Activation of mitogen-activated protein kinase by H2O2. Role in cell survival following oxidant injury.

The mitogen-activated protein kinase (MAPK) family is comprised of key regulatory proteins that control the cellular response to both proliferation and stress signals. In this study we investigated the factors controlling MAPK activation by H2O2 and explored the impact of altering the pathways to kinase activation on cell survival following H2O2 exposure. Potent activation (10-20-fold) of extracellular signal-regulated protein kinase (ERK2) occurred within 10 min of H2O2 treatment, whereupon rapid inactivation ensued.

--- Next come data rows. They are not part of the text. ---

//! The links of the cells that are put at places in an exchange: among each other, and with the cells around them.

ghost use Rattle.std.specs.Prelude.{◌≡◌, OnOk};

use crate::guesses::links_at;
use crate::joined::{Beside, Joined, Side};
use crate::links::{Links, NONE};
use crate::moves::Moves;
use crate::slots::Slot;
use crate::stock::{Stock, keep, list_of};
use point_order::Cell;
use std::alloc::{AllocError, Global};

/// The place across a facet of the cell at a place, which lies outside what was exchanged.
#[derive(Clone, Copy)]
pub(crate) struct Joint {
    pub(crate) place: u32,
    pub(crate) side: usize,
    pub(crate) other: u32,
}

// More cells than so many come in order.
const FEW: usize = 32;

// One of the numbers, or none.
fn number_at(list: &[u32], at: u32) -> u32 {
    match list.get(at as usize) {
        Some(number) => *number,
        None => NONE,
    }
}

/// Where a cell that comes is put: which of those that are put it is, and its place.
#[derive(Clone, Copy)]
pub(crate) struct Position {
    at: u32,
    place: u32,
}

// For a cell that is not put.
const NOWHERE: Position = Position {
    at: NONE,
    place: NONE,
};

// The cells that are put, from one on, beside where the first of them stands among all.
#[derive(Drop)]
struct Rest<'a> {
    cells: &'a [(u32, Cell)],
    first: u32,
}

impl Rest<'_> {
    // Where the cell is put, if it is the next one.
    fn next(&mut self, cell: &Cell) -> Position {
        if let Some(((place, next), others)) = self.cells.split_first() {
            if next.is_same(cell) {
                let at = self.first;
                self.cells = others;
                self.first = at.wrapping_add(1);
                return Position { at, place: *place };
            }
        }
        NOWHERE
    }
}

// Where the cell is put, if it is one of these, which are put in order.
fn position_among(placed: &[(u32, Cell)], cell: &Cell) -> Position {
    match placed.binary_search_by(|(_, other)| other.cmp(cell)) {
        Ok(at) => Position {
            at: u32::try_from(at).unwrap_or(NONE),
            place: placed[at].0,
        },
        Err(_) => NOWHERE,
    }
}

// Where each of the cells that come is put.
fn positions(
    alloc: Global,
    stock: &mut Stock,
    fresh: &[Cell],
    moves: &Moves,
) -> Result<Vec<Position>, AllocError> {
    let mut positions = list_of(&mut stock.positions, alloc, fresh.len())?;
    let mut rest = Rest {
        cells: &moves.placed,
        first: 0,
    };
    let in_turn = moves.listed || rest.cells.len() <= FEW;
    for cell in fresh {
        let position = if in_turn {
            rest.next(cell)
        } else {
            position_among(&moves.placed, cell)
        };
        positions.push(position)?;
    }
    Ok(positions)
}

// What links are found by: the places before the exchange, what goes and comes, and where the cells that come stand
// among those that are put.
#[derive(Clone, Copy)]
struct Joins<'a> {
    slots: &'a [Slot],
    moves: &'a Moves,
    positions: &'a [Position],
}

impl Joins<'_> {
    // The place of a cell that comes, by where it stands in their list.
    fn place_of(&self, fresh: u32) -> u32 {
        match self.positions.get(fresh as usize) {
            Some(position) => position.place,
            None => NONE,
        }
    }

    // The place across a side of a cell that is put, where another one that comes lies there.
    fn inside(&self, beside: Beside) -> u32 {
        match beside {
            Beside::Fresh(other) => self.place_of(other),
            _ => NONE,
        }
    }

    // The place that lay across a side of a cell that goes: its cell is to be linked with the one that is put.
    fn behind(&self, rim: &mut Vec<Joint>, place: u32, side: Side) -> Result<u32, AllocError> {
        let freed = number_at(&self.moves.gone.places, side.cell);
        let outside = links_at(self.slots, freed).across(usize::from(side.side));
        if outside == NONE {
            return Ok(NONE);
        }
        for (side, other) in links_at(self.slots, outside).around.iter().enumerate() {
            if *other == freed {
                rim.push(Joint {
                    place: outside,
                    side,
                    other: place,
                })?;
                break;
            }
        }
        Ok(outside)
    }

    // Links the cell that is put at the place.
    fn link(
        &self,
        rim: &mut Vec<Joint>,
        put: &mut (u32, Slot),
        sides: [Beside; 4],
    ) -> Result<(), AllocError>
        ensures { OnOk result (put.new ≡ put.old) }
    {
        let [a, b, c, d] = sides;
        let mut around = [
            self.inside(a),
            self.inside(b),
            self.inside(c),
            self.inside(d),
        ];
        for (side, beside) in sides.iter().enumerate() {
            if let Beside::Behind(from) = *beside {
                around[side] = self.behind(rim, put.0, from)?;
            }
        }
        put.1.link(Links { around });
        Ok(())
    }

    // Links the cells that are put.
    fn link_all(
        &self,
        rim: &mut Vec<Joint>,
        puts: &mut [(u32, Slot)],
        joined: &Joined,
    ) -> Result<(), AllocError>
        ensures { OnOk result (puts.new ≡ puts.old) }
    {
        for (position, sides) in self.positions.iter().zip(&joined.sides) {
            let at = position.at as usize;
            if at < puts.len() {
                self.link(rim, &mut puts[at], *sides)?;
            }
        }
        Ok(())
    }
}

/// Links the cells that are put, where cells move so, and gives the links back to them.
pub(crate) fn join(
    alloc: Global,
    stock: &mut Stock,
    slots: &[Slot],
    fresh: &[Cell],
    joined: &Joined,
    moves: &Moves,
    puts: &mut [(u32, Slot)],
) -> Result<Vec<Joint>, AllocError>
    ensures { OnOk result (puts.new ≡ puts.old) }
{
    let positions = positions(alloc, stock, fresh, moves)?;
    let joins = Joins {
        slots,
        moves,
        positions: &positions,
    };
    let count = moves.placed.len().max(moves.freed.len());
    let mut rim = list_of(&mut stock.rims, alloc, count)?;
    joins.link_all(&mut rim, puts, joined)?;
    keep(&mut stock.positions, positions);
    Ok(rim)
}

H2O2 activated ERK2 in several cell types and also moderately activated (3-5-fold) both c-Jun N-terminal kinase and p38/RK/CSBP. Additionally, H2O2 increased the mRNA expression of MAPK-dependent genes c-jun, c-fos, and MAPK phosphatase-1. Suramin pretreatment completely inhibited H2O2 stimulation of ERK2, highlighting a role for growth factor receptors in this activation. Further, ERK2 activation by H2O2 was blocked by pretreatment with either N-acetyl-cysteine, o-phenanthroline, or mannitol, indicating that metal-catalyzed free radical formation mediates the initiation of signal transduction by H2O2. H2O2-stimulated activation of ERK2 was abolished in PC12 cells by inducible or constitutive expression of the dominant negative Ras-N-17 allele. Interestingly, PC12/Ras-N-17 cells were more sensitive than wild-type PC12 cells to H2O2 toxicity. Moreover, NIH 3T3 cells expressing constitutively active MAPK kinase (MEK, the immediate upstream regulator of ERK) were more resistant to H2O2 toxicity, while those expressing kinase-defective MEK were more sensitive, than cells expressing wild-type MEK. Taken together, these studies provide insight into mechanisms of MAPK regulation by H2O2 and suggest that ERK plays a critical role in cell survival following oxidant injury.